• TASK DATA:
——————
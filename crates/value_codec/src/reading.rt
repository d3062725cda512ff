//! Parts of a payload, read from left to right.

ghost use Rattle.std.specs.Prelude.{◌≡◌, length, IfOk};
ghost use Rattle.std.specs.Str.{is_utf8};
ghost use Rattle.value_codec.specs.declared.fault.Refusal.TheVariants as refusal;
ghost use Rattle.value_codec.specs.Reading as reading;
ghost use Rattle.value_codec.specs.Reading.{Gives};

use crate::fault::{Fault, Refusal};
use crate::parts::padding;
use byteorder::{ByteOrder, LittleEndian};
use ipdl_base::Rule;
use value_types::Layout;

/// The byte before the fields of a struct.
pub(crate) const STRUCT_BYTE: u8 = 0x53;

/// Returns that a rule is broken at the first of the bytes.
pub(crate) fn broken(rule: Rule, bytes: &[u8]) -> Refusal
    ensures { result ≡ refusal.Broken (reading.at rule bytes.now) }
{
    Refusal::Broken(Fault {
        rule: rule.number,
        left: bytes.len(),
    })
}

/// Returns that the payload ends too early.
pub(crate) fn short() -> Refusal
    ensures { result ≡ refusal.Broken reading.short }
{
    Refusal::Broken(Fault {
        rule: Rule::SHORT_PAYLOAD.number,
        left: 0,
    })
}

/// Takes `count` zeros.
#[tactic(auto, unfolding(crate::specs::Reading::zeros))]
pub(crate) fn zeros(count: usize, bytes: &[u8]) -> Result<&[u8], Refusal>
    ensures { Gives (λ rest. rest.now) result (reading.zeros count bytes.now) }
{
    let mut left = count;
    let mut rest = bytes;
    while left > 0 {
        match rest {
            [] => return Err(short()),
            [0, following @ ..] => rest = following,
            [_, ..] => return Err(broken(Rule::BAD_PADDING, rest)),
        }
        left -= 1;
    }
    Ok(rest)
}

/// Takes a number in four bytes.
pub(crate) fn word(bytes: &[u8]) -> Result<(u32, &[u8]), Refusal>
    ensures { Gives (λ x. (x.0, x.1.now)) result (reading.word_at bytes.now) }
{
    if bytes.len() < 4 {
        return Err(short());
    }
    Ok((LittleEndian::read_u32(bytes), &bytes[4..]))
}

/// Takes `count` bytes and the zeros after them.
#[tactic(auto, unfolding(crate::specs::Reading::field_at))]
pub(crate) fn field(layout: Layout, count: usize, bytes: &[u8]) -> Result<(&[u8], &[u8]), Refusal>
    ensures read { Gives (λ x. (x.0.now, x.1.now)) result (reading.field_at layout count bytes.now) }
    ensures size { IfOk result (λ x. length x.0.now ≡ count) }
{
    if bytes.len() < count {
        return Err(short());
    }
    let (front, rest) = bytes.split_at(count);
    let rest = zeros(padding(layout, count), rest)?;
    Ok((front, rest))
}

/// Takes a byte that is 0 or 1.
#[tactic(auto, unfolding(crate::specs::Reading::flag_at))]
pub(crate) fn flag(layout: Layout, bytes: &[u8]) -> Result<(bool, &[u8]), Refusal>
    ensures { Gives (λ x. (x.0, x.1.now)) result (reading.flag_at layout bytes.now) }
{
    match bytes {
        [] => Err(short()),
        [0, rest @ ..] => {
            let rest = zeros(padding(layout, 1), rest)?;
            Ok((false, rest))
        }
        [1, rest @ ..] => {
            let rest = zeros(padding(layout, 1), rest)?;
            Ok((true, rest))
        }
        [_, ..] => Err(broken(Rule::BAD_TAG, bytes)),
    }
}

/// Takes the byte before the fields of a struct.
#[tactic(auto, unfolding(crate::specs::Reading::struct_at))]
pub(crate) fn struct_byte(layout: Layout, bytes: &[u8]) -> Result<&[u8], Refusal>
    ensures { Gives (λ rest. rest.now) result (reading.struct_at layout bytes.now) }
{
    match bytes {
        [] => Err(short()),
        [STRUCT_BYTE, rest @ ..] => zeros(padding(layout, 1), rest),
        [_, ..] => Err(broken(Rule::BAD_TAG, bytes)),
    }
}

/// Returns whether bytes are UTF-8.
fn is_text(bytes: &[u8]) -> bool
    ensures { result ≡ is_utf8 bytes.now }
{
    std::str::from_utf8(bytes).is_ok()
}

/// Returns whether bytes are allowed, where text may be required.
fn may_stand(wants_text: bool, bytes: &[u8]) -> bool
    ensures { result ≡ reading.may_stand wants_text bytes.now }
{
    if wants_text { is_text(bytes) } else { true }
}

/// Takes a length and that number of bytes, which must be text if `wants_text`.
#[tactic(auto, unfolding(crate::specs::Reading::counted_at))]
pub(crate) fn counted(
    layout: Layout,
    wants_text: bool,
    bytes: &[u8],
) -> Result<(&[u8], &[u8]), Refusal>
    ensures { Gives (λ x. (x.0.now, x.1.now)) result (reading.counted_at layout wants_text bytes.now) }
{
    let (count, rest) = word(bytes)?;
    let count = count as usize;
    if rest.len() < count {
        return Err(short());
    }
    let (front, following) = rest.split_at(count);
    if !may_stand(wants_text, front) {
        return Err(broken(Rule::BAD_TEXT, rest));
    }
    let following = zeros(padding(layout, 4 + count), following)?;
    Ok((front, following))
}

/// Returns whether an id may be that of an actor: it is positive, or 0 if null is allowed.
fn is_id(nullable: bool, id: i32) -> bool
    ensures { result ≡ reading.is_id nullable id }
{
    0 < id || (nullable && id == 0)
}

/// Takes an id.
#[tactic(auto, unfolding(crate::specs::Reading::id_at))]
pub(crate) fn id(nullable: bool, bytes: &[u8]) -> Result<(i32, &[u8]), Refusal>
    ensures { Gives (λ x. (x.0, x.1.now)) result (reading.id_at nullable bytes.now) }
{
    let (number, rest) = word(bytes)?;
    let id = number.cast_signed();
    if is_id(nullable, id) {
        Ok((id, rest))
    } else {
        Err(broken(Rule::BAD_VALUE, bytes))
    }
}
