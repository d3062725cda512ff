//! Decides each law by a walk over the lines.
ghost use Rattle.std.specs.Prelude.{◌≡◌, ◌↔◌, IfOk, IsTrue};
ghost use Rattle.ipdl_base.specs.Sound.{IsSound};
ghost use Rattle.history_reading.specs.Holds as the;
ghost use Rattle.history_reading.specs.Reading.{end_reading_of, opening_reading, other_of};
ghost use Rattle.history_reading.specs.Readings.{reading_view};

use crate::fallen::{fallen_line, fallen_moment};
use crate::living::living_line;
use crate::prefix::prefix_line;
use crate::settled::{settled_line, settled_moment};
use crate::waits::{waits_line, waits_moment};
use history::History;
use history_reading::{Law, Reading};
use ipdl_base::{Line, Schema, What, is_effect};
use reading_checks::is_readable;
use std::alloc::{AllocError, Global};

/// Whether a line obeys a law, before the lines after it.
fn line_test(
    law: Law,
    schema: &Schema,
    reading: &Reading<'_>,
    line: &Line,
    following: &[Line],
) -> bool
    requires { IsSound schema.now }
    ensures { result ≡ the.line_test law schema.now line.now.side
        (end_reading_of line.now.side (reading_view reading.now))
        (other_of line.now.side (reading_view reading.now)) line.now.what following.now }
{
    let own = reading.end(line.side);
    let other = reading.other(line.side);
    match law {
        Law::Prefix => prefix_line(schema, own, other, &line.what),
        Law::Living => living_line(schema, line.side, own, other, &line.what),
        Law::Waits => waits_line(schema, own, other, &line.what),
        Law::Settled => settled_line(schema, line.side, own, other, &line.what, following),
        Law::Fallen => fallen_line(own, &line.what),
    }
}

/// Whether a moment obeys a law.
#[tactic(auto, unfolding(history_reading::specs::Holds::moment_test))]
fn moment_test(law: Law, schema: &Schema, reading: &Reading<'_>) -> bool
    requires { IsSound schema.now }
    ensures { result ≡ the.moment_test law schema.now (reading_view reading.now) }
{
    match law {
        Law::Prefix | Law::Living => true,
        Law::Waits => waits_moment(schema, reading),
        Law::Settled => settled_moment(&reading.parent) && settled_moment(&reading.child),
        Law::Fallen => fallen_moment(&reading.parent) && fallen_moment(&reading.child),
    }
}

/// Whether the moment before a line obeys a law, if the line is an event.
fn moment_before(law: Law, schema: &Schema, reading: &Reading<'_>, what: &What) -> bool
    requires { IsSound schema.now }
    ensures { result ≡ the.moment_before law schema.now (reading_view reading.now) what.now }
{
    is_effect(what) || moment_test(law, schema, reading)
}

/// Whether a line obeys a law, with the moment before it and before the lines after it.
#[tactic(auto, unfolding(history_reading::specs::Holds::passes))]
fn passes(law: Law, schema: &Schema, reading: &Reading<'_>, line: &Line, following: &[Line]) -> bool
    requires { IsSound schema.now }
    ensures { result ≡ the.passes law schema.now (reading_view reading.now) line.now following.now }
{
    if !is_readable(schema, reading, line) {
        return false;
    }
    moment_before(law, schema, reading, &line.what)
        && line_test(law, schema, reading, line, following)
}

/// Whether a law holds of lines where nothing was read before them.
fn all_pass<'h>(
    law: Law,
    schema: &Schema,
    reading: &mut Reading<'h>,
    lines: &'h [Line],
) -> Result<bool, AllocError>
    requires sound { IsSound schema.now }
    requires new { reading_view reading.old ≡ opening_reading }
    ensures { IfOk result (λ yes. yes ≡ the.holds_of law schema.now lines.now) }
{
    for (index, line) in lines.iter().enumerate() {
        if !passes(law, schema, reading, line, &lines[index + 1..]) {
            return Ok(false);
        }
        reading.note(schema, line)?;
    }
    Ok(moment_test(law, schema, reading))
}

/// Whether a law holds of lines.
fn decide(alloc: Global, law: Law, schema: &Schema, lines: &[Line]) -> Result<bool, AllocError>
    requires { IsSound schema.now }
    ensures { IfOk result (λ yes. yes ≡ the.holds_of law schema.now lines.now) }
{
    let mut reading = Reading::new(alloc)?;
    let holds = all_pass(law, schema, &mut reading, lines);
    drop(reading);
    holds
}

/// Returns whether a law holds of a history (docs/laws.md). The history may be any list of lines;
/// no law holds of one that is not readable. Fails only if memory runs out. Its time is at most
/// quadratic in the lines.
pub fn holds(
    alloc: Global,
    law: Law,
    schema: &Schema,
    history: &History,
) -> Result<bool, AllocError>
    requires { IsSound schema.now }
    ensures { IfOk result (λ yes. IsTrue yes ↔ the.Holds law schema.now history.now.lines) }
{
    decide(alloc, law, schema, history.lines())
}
——————
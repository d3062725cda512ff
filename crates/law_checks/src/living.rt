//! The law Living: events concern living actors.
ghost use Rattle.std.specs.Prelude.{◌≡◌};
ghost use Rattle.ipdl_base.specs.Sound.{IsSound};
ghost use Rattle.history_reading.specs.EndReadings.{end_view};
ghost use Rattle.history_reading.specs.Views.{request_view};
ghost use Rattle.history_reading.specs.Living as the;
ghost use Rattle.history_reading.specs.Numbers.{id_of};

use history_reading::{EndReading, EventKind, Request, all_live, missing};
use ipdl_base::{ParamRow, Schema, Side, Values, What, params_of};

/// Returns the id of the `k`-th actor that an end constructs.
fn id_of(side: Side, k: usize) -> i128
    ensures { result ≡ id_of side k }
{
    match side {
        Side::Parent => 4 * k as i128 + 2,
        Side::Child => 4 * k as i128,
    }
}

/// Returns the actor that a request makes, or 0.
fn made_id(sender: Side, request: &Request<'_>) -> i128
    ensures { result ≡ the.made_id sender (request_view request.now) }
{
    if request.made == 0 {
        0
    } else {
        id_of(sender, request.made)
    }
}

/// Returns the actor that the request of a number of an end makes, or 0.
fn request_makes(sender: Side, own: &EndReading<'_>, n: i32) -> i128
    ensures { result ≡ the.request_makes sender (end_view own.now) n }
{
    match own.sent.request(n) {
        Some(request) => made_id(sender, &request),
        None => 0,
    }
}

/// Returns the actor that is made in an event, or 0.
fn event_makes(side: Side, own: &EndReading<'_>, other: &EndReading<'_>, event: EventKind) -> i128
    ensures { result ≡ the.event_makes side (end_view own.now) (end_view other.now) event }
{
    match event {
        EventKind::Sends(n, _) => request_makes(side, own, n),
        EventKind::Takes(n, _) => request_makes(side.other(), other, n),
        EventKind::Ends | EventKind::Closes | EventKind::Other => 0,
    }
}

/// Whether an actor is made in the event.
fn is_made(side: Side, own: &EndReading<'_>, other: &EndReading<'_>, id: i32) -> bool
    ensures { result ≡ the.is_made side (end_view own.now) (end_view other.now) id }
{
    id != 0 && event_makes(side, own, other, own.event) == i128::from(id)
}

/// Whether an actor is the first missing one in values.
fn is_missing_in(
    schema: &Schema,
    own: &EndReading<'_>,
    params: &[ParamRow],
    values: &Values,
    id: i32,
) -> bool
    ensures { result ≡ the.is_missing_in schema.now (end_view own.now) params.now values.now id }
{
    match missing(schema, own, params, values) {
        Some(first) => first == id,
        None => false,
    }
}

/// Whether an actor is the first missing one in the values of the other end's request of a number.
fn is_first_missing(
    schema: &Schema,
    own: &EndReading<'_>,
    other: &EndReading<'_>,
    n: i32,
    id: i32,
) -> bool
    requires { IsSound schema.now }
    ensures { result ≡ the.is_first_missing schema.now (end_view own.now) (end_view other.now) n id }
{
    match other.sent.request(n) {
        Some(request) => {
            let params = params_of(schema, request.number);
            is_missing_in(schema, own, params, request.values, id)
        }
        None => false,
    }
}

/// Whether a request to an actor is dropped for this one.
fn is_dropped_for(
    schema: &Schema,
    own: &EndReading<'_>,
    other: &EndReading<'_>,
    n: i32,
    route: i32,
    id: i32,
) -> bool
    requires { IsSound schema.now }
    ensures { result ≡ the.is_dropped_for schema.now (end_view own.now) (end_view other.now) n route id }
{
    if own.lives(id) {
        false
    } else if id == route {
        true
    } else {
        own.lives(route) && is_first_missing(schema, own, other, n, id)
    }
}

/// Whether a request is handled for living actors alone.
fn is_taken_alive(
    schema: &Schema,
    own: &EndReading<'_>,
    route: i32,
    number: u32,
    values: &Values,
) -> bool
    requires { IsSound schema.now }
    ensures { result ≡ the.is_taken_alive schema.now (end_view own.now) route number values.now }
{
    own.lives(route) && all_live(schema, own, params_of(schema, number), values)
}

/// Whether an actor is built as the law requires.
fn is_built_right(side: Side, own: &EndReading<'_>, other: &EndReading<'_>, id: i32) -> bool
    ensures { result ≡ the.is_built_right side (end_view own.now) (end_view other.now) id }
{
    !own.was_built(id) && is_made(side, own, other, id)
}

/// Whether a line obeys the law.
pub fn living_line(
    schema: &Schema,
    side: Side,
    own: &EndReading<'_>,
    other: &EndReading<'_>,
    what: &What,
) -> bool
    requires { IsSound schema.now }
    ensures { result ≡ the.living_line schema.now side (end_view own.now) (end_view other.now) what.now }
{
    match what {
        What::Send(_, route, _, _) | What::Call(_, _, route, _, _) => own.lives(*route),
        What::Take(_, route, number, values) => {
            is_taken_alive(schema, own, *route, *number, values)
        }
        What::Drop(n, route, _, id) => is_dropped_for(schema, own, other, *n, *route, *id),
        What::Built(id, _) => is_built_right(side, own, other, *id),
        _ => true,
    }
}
——————
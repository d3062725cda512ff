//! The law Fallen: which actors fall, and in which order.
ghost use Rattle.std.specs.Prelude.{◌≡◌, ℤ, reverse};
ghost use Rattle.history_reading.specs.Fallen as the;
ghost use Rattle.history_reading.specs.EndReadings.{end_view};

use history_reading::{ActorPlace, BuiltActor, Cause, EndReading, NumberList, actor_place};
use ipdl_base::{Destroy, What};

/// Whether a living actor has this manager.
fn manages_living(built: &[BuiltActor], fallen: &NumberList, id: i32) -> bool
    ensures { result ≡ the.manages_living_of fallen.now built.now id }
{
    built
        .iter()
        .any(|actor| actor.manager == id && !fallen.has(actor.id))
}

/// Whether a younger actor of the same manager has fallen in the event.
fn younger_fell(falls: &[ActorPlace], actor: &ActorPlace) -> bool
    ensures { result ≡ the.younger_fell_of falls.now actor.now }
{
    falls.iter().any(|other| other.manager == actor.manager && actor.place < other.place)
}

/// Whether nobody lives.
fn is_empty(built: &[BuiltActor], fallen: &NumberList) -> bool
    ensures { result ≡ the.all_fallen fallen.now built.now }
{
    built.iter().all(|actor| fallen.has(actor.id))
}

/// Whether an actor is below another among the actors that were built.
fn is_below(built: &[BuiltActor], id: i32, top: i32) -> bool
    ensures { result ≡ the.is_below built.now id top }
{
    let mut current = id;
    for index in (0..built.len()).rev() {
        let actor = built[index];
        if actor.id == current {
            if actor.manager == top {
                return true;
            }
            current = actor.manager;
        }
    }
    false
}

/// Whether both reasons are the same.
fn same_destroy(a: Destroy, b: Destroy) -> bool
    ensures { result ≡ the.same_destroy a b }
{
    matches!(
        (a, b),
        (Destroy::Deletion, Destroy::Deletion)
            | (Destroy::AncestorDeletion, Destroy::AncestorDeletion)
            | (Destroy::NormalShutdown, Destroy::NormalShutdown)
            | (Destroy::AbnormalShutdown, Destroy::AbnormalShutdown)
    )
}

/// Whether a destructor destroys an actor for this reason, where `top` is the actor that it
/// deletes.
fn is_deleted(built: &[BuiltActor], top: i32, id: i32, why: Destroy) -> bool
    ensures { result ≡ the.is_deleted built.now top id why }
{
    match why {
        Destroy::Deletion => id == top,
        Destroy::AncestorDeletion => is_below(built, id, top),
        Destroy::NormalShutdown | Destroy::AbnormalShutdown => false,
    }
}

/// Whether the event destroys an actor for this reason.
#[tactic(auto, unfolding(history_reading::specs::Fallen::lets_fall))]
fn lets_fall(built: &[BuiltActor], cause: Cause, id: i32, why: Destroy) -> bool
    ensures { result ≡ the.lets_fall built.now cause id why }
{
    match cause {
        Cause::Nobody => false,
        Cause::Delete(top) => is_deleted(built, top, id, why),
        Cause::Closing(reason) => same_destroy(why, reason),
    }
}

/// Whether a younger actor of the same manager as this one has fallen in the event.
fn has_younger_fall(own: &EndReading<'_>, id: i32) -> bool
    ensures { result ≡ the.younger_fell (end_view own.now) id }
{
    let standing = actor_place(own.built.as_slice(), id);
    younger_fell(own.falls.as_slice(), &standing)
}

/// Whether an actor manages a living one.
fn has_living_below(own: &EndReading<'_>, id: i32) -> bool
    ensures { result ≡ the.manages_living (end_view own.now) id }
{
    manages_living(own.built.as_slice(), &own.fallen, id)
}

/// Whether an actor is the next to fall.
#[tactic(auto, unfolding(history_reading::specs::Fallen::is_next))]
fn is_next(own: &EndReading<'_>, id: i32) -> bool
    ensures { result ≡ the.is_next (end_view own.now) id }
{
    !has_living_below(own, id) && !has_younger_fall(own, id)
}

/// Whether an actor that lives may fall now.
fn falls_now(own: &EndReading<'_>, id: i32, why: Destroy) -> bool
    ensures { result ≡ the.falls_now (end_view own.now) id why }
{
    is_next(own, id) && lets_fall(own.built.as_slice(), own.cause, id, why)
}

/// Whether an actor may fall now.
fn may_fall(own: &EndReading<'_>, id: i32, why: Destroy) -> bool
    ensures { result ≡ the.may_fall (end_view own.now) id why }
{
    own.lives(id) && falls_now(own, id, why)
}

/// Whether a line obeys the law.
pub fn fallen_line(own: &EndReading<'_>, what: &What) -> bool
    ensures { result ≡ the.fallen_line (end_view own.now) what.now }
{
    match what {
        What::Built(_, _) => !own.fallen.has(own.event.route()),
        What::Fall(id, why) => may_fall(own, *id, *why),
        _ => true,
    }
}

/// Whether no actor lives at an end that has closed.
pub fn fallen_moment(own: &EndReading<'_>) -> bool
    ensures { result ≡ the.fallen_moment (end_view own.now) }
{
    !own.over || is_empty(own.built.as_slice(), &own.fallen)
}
——————
• ACTIVITY: Repeat exactly the lines of the listing above, from the one with "and before the lines after it." down to the one with "read before them."; both of those lines belong in the range.

• WRITTEN SOLUTION:
/// Whether a line obeys a law, with the moment before it and before the lines after it.
#[tactic(auto, unfolding(history_reading::specs::Holds::passes))]
fn passes(law: Law, schema: &Schema, reading: &Reading<'_>, line: &Line, following: &[Line]) -> bool
    requires { IsSound schema.now }
    ensures { result ≡ the.passes law schema.now (reading_view reading.now) line.now following.now }
{
    if !is_readable(schema, reading, line) {
        return false;
    }
    moment_before(law, schema, reading, &line.what)
        && line_test(law, schema, reading, line, following)
}

/// Whether a law holds of lines where nothing was read before them.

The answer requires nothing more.